— WORK ITEM —
Go through the lines below and tally those containing the string "crates". Respond with the number only.

— GIVEN INFORMATION —
____________

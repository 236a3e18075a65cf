//! Files of rows: offices in memory, each with its steps. `docs/TESTS.md` says how they are written.

use crate::cells::first_cell;
use crate::hand_made::judge_rows;
use crate::judged::holds;
use crate::played::{answer_of, filled, messages_of, numbered, otherwise, play_lines, play_twice};
use crate::school::{FIRST_EDITION, LISTED, SCHOOL};
use desk::Desk;
use sqlite::{Alter, Connection};
use std::alloc::Global;
use std::test::Fail;

/// Returns the text of a name: that of the school, of its lists and of its tables in the first edition, or one of these.
fn named<'a>(texts: &'a str, name: &str) -> Result<&'a str, Fail> {
    match name {
        "SCHOOL" => return Ok(SCHOOL),
        "LISTED" => return Ok(LISTED),
        "FIRST_EDITION" => return Ok(FIRST_EDITION),
        _ => {}
    }
    for text in texts.split("\n-- ") {
        let (head, rest) = text.split_once('\n').unwrap_or((text, ""));
        if head.split_once(':').is_some_and(|(found, _)| found == name) {
            return Ok(rest);
        }
    }
    Err(Fail::new(format_args!("no text {name}")))
}

/// Returns the texts of these names, one after another.
pub(crate) fn script(alloc: Global, texts: &str, names: &str) -> Result<String, Fail> {
    let mut all = String::new(alloc);
    for name in names.split_whitespace() {
        all.push_str(named(texts, name)?)?;
        all.push_str("\n")?;
    }
    Ok(all)
}

/// Returns a text for each number from the first to the last.
fn each(alloc: Global, texts: &str, cells: &str) -> Result<String, Fail> {
    let (first, cells) = first_cell(cells);
    let (last, name) = first_cell(cells);
    let text = named(texts, name.trim())?;
    let last: u32 = last.parse()?;
    let mut all = String::new(alloc);
    for n in first.parse()?..last.saturating_add(1) {
        all.push_str(&numbered(alloc, text, n)?)?;
        all.push_str("\n")?;
    }
    Ok(all)
}

/// Returns a row with its copies of each piece.
fn fill(alloc: Global, cells: &str) -> Result<String, Fail> {
    let (copies, cells) = first_cell(cells);
    let (pieces, row) = first_cell(cells);
    Ok(filled(alloc, copies.parse()?, pieces, row)?)
}

/// Returns the requests that a row stands for.
pub fn plain(alloc: Global, texts: &str, row: &str) -> Result<String, Fail> {
    let (word, cells) = row.split_once(' ').unwrap_or((row, ""));
    match word {
        "play" => script(alloc, texts, cells),
        "each" => each(alloc, texts, cells),
        "fill" => fill(alloc, cells),
        _ => Ok(String::from_str(alloc, row)?),
    }
}

/// Returns the messages of the requests that rows stand for, one after another, and their answers.
pub fn exchanged(alloc: Global, texts: &str, rows: &str) -> Result<(Vec<u8>, Vec<u8>), Fail> {
    let mut lines = String::new(alloc);
    for row in rows.lines() {
        lines.push_str(plain(alloc, texts, row)?.trim_end())?;
        lines.push_str("\n")?;
    }
    let mut answers = Vec::new(alloc);
    for line in lines.lines() {
        answers.extend_from_slice(&answer_of(alloc, line)?)?;
    }
    Ok((messages_of(alloc, &lines)?, answers))
}

/// Plays a row. How many requests were compared.
fn play_row<S: Alter>(
    alloc: Global,
    desk: &mut Desk<S>,
    texts: &str,
    row: &str,
) -> Result<u32, Fail> {
    match row.strip_prefix("twice ") {
        Some(asked) => play_twice(alloc, desk, asked),
        None => play_lines(alloc, desk, &plain(alloc, texts, row)?),
    }
}

/// Plays each row at a desk. How many requests were compared.
pub fn play_rows<S: Alter>(
    alloc: Global,
    desk: &mut Desk<S>,
    texts: &str,
    rows: &str,
) -> Result<u32, Fail> {
    let mut count: u32 = 0;
    for row in rows.lines() {
        count = count.saturating_add(play_row(alloc, desk, texts, row.trim())?);
    }
    Ok(count)
}

/// Plays the rows at the desk over tables, or compares the refusal with them where there is no desk.
pub fn play_over<S: Alter + Drop>(
    alloc: Global,
    connection: Connection<S>,
    texts: &str,
    rows: &str,
) -> Result<(u32, Connection<S>), Fail> {
    match Desk::open(alloc, connection) {
        Ok(mut desk) => {
            let count = play_rows(alloc, &mut desk, texts, rows);
            let connection = desk.into_connection();
            Ok((count?, connection))
        }
        Err((refusal, connection)) => {
            if refusal.name() != rows.trim() {
                return Err(otherwise(rows, refusal.name().as_bytes()));
            }
            Ok((1, connection))
        }
    }
}

/// Compares the number that a query answers.
pub fn find<S: Alter>(connection: &mut Connection<S>, cells: &str) -> Result<u32, Fail> {
    let (want, sql) = first_cell(cells);
    let found: i64 = connection.query_row(sql, &[])?.get(0)?;
    holds(found == want.parse()?, cells)?;
    Ok(1)
}

/// Does a step at tables. How many rows were compared.
fn do_step<S: Alter + Drop>(
    alloc: Global,
    mut connection: Connection<S>,
    texts: &str,
    step: &str,
) -> Result<(u32, Connection<S>), Fail> {
    let (head, rows) = step.split_once('\n').unwrap_or((step, ""));
    let (word, cells) = head.split_once(' ').unwrap_or((head, ""));
    let count = match word {
        "desk" => return play_over(alloc, connection, texts, rows),
        "tables" => judge_rows(alloc, texts, cells, rows)?,
        "make" => {
            connection.execute_batch(&script(alloc, texts, cells)?)?;
            0
        }
        "found" => find(&mut connection, cells)?,
        _ => return Err(Fail::new(format_args!("no step {head}"))),
    };
    Ok((count, connection))
}

/// Does the steps of an office in order. How many rows were compared.
fn do_steps<S: Alter + Drop>(
    alloc: Global,
    mut connection: Connection<S>,
    texts: &str,
    office: &str,
) -> Result<u32, Fail> {
    let mut steps = office.split("\n= ");
    let title = steps.next().unwrap_or("");
    holds(!title.contains('|'), title)?;
    let mut count: u32 = 0;
    for step in steps {
        let (compared, left) = do_step(alloc, connection, texts, step)?;
        connection = left;
        count = count.saturating_add(compared);
    }
    Ok(count)
}

/// Plays an office over tables of its own. How many rows were compared.
pub fn play_office(alloc: Global, texts: &str, office: &str) -> Result<u32, Fail> {
    let connection = Connection::open_in_memory(alloc)?;
    do_steps(alloc, connection, texts, office)
}
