//! What each crate of tests shares: tables of text, how a row fails, and readers and writers in pieces; requests that are played at a
//! desk, its tables, and a small school.
#![tactic(auto)]

pub mod cells;
mod hand_made;
pub mod judged;
pub mod kept;
pub mod offices;
pub mod opened;
pub mod pieces;
pub mod played;
pub mod school;
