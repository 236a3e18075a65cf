//! Tables that were made by hand: what each row of them is opened as.

use crate::cells::first_cell;
use crate::judged::holds;
use crate::kept::kept_by;
use crate::offices::{play_over, script};
use crate::played::is_row;
use sqlite::{Alter, Connection, MemStore};
use std::alloc::Global;
use std::test::Fail;

/// Returns the database that a text makes.
fn made(alloc: Global, sql: &str) -> Result<Connection<MemStore>, Fail> {
    let mut connection = Connection::open_in_memory(alloc)?;
    connection.execute_batch(sql)?;
    Ok(connection)
}

/// Compares what tables are opened as, and what they keep then: this, or where nothing is wanted what they kept before.
fn judge<S: Alter + Drop>(
    alloc: Global,
    mut connection: Connection<S>,
    line: &str,
    wanted: Option<&str>,
) -> Result<(), Fail> {
    let stood = kept_by(alloc, &mut connection)?;
    let (_count, mut connection) = play_over(alloc, connection, "", line)?;
    let kept = kept_by(alloc, &mut connection)?;
    let is_kept = kept.as_str() == wanted.unwrap_or(&stood);
    holds(is_kept, line)
}

/// Judges the tables of a row as they are made, and migrated by hand by each of these editions in order. Where there is a desk over
/// them, all are opened as those of the last edition; else each is left as it is.
fn judge_row(
    alloc: Global,
    texts: &str,
    (made_by, migrated_by): (&str, &str),
    row: &str,
) -> Result<(), Fail> {
    let (_name, cells) = first_cell(row);
    let (added, line) = first_cell(cells);
    let mut sql = script(alloc, texts, made_by)?;
    sql.push_str(added)?;
    sql.push_str(";\n")?;
    let all = script(alloc, texts, migrated_by)?;
    let latest = format!(in alloc; "{sql}{all}")?;
    let kept = kept_by(alloc, &mut made(alloc, &latest)?)?;
    let wanted = if line.contains('|') {
        Some(kept.as_str())
    } else {
        None
    };
    for edition in migrated_by.split_whitespace() {
        judge(alloc, made(alloc, &sql)?, line, wanted)?;
        sql.push_str(&script(alloc, texts, edition)?)?;
    }
    judge(alloc, made(alloc, &sql)?, line, wanted)
}

/// Judges the tables of each row: what makes them all, what migrates them, and the rows. How many there are.
pub(crate) fn judge_rows(alloc: Global, texts: &str, cells: &str, rows: &str) -> Result<u32, Fail> {
    let tables = first_cell(cells);
    let mut count: u32 = 0;
    for row in rows.lines() {
        if is_row(row) {
            judge_row(alloc, texts, tables, row)?;
            count = count.saturating_add(1);
        }
    }
    Ok(count)
}
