//! What is compared.

ghost use Rattle.std.specs.Prelude.{◌≡◌, IfOk, IsTrue, Ok};

use std::test::Fail;

/// Fails the test with a row of a table, or a step that is named, where what is compared in it does not hold.
pub fn holds(is_well: bool, row: &str) -> Result<(), Fail>
    ensures { IfOk result (λ _. IsTrue is_well) }
{
    if is_well { Ok(()) } else { Err(Fail::new(row)) }
}

/// Returns what went well; else the test fails, and says what did not.
pub fn well<T, E: Drop>(outcome: Result<T, E>, step: &'static str) -> Result<T, Fail>
    ensures { IfOk result (λ value. outcome ≡ Ok value) }
{
    match outcome {
        Ok(value) => Ok(value),
        Err(_) => Err(Fail::new(step)),
    }
}
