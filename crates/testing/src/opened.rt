//! Desks that are opened for a test, and a first request.

use desk::Desk;
use office_model::{Plain, Text};
use sqlite::{Alter, Connection};
use std::alloc::Global;
use std::test::Fail;

/// Returns the desk over a database.
pub fn desk_over<S: Alter + Drop>(
    alloc: Global,
    connection: Connection<S>,
) -> Result<Desk<S>, Fail> {
    match Desk::open(alloc, connection) {
        Ok(desk) => Ok(desk),
        Err((refusal, _connection)) => Err(Fail::new(format_args!("refused {}", refusal.number()))),
    }
}

/// Returns the request that puts a student.
pub fn put_student(alloc: Global, code: &str, label: &str) -> Result<Plain, Fail> {
    let code = Text::of(alloc, code)?;
    let label = Text::of(alloc, label)?;
    Ok(Plain::PutStudent { code, label })
}
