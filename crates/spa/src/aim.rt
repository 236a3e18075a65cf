//! The aims of a round: which of the largest matchings is best.
//!
//! The two are those of Kwanashie, Irving, Manlove and Sng, "Profile-based optimal matchings in the student/project
//! allocation problem"; see also Manlove, "Algorithmics of Matching Under Preferences".

ghost use Rattle.std.specs.Prelude.{◌≡◌, ◌≤◌, length};
ghost use Rattle.spa.specs.Aims.{aim_with, aim_word};

/// Which of the largest matchings is best.
#[derive(Clone, Copy, PartialEq, Eq, Drop)]
pub enum Aim {
    /// A greedy maximum matching: the most pairs of rank 1, then the most of rank 2, and so on to the last rank.
    Greedy,
    /// A generous maximum matching: the fewest pairs of the last rank, then the fewest of the last but one, and so on to
    /// rank 1.
    Generous,
}

/// The aims.
pub const AIMS: [Aim; 2] = [Aim::Greedy, Aim::Generous];

impl Aim {
    /// Returns the word by which texts, requests and commands name the aim.
    pub fn word(self) -> &'static str
        ensures word { result.now ≡ aim_word self }
        ensures short { length result.now ≤ 8 }
    {
        match self {
            Aim::Greedy => "greedy",
            Aim::Generous => "generous",
        }
    }

    /// Returns the aim that has this word.
    pub fn of_word(word: &str) -> Option<Aim>
        ensures { result ≡ aim_with word.now }
    {
        AIMS.iter().copied().find(|aim| aim.word() == word)
    }
}
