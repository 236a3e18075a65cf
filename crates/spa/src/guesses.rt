//! Guesses where codes stand in a roll. A guess may be wrong, so nothing rests on it but speed.
#![tactic(auto)]

ghost use Rattle.std.specs.Prelude.{◌<◌};

/// How many guesses are stored.
const SLOTS: usize = 4096;

/// Where codes were noted, by a sum over their bytes. Of codes with one sum the last stays.
#[derive(Drop)]
pub struct Guesses {
    slots: [u16; SLOTS],
}

/// Returns the slot of a code.
fn slot(code: &[u8]) -> usize
    ensures { result < SLOTS }
{
    let mut sum: u32 = 0;
    for byte in code {
        sum = sum.wrapping_mul(31).wrapping_add(*byte as u32);
    }
    sum as usize % SLOTS
}

impl Guesses {
    /// Creates guesses, of which none was noted.
    pub fn new() -> Self {
        Guesses { slots: [0; SLOTS] }
    }

    /// Notes where a code stands.
    pub fn note(&mut self, code: &[u8], position: usize) {
        if position < 65_536 {
            self.slots[slot(code)] = position as u16;
        }
    }

    /// Returns where a code is to be looked for first.
    pub fn guess(&self, code: &[u8]) -> usize {
        self.slots[slot(code)] as usize
    }
}
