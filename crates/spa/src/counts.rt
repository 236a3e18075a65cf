//! How many pairs each project and each supervisor has.
#![tactic(auto)]

ghost use Rattle.std.specs.Prelude.{◌≡◌, ℕ, ◌+◌, ◌<◌, ◌^◌, slice_index};
ghost use Rattle.spa.specs.declared.TheConstants.{MAX_PROJECTS, MAX_SUPERVISORS};
ghost use Rattle.spa.specs.Counted.{CountsPair};

use crate::{MAX_PROJECTS, MAX_SUPERVISORS};
use std::marker::Model;

/// How many pairs have each project and how many each supervisor, by position. A pair is counted at once for both, and
/// counting allocates nothing.
#[derive(Drop)]
pub struct Counts {
    projects: [u32; MAX_PROJECTS],
    supervisors: [u32; MAX_SUPERVISORS],
}

impl Model for Counts {
    ghost use Rattle.std.specs.Prelude.{◌≡◌, length};
    ghost use Rattle.spa.specs.declared.TheConstants.{MAX_PROJECTS, MAX_SUPERVISORS};
    ghost use Rattle.spa.specs.Counted.{Counted};

    ghost Value = { Counted };

    ghost view = { λ c. record { projects = c.projects; supervisors = c.supervisors } };

    ghost invariant = { λ c. (length c.projects ≡ MAX_PROJECTS) × (length c.supervisors ≡ MAX_SUPERVISORS) };
}

impl Counts {
    /// Counts of no pair.
    pub fn new() -> Counts
        ensures projects { (p : ℕ) → slice_index result.projects p ≡ 0 }
        ensures supervisors { (l : ℕ) → slice_index result.supervisors l ≡ 0 }
    {
        Counts {
            projects: [0; MAX_PROJECTS],
            supervisors: [0; MAX_SUPERVISORS],
        }
    }

    /// Counts one more pair, of a project of this supervisor.
    pub fn add(&mut self, project: usize, supervisor: usize)
        requires project { project < MAX_PROJECTS }
        requires supervisor { supervisor < MAX_SUPERVISORS }
        requires in_project { slice_index self.old.projects project + 1 < 2 ^ 32 }
        requires with_supervisor { slice_index self.old.supervisors supervisor + 1 < 2 ^ 32 }
        ensures { CountsPair self.old self.new project supervisor }
    {
        self.projects[project] += 1;
        self.supervisors[supervisor] += 1;
    }

    /// Returns how many pairs have the project at this position.
    pub fn in_project(&self, position: usize) -> u32
        requires { position < MAX_PROJECTS }
        ensures { result ≡ slice_index self.now.projects position }
    {
        self.projects[position]
    }

    /// Returns how many pairs have a project of the supervisor at this position.
    pub fn with_supervisor(&self, position: usize) -> u32
        requires { position < MAX_SUPERVISORS }
        ensures { result ≡ slice_index self.now.supervisors position }
    {
        self.supervisors[position]
    }
}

____________

— TASK RESPONSE —
4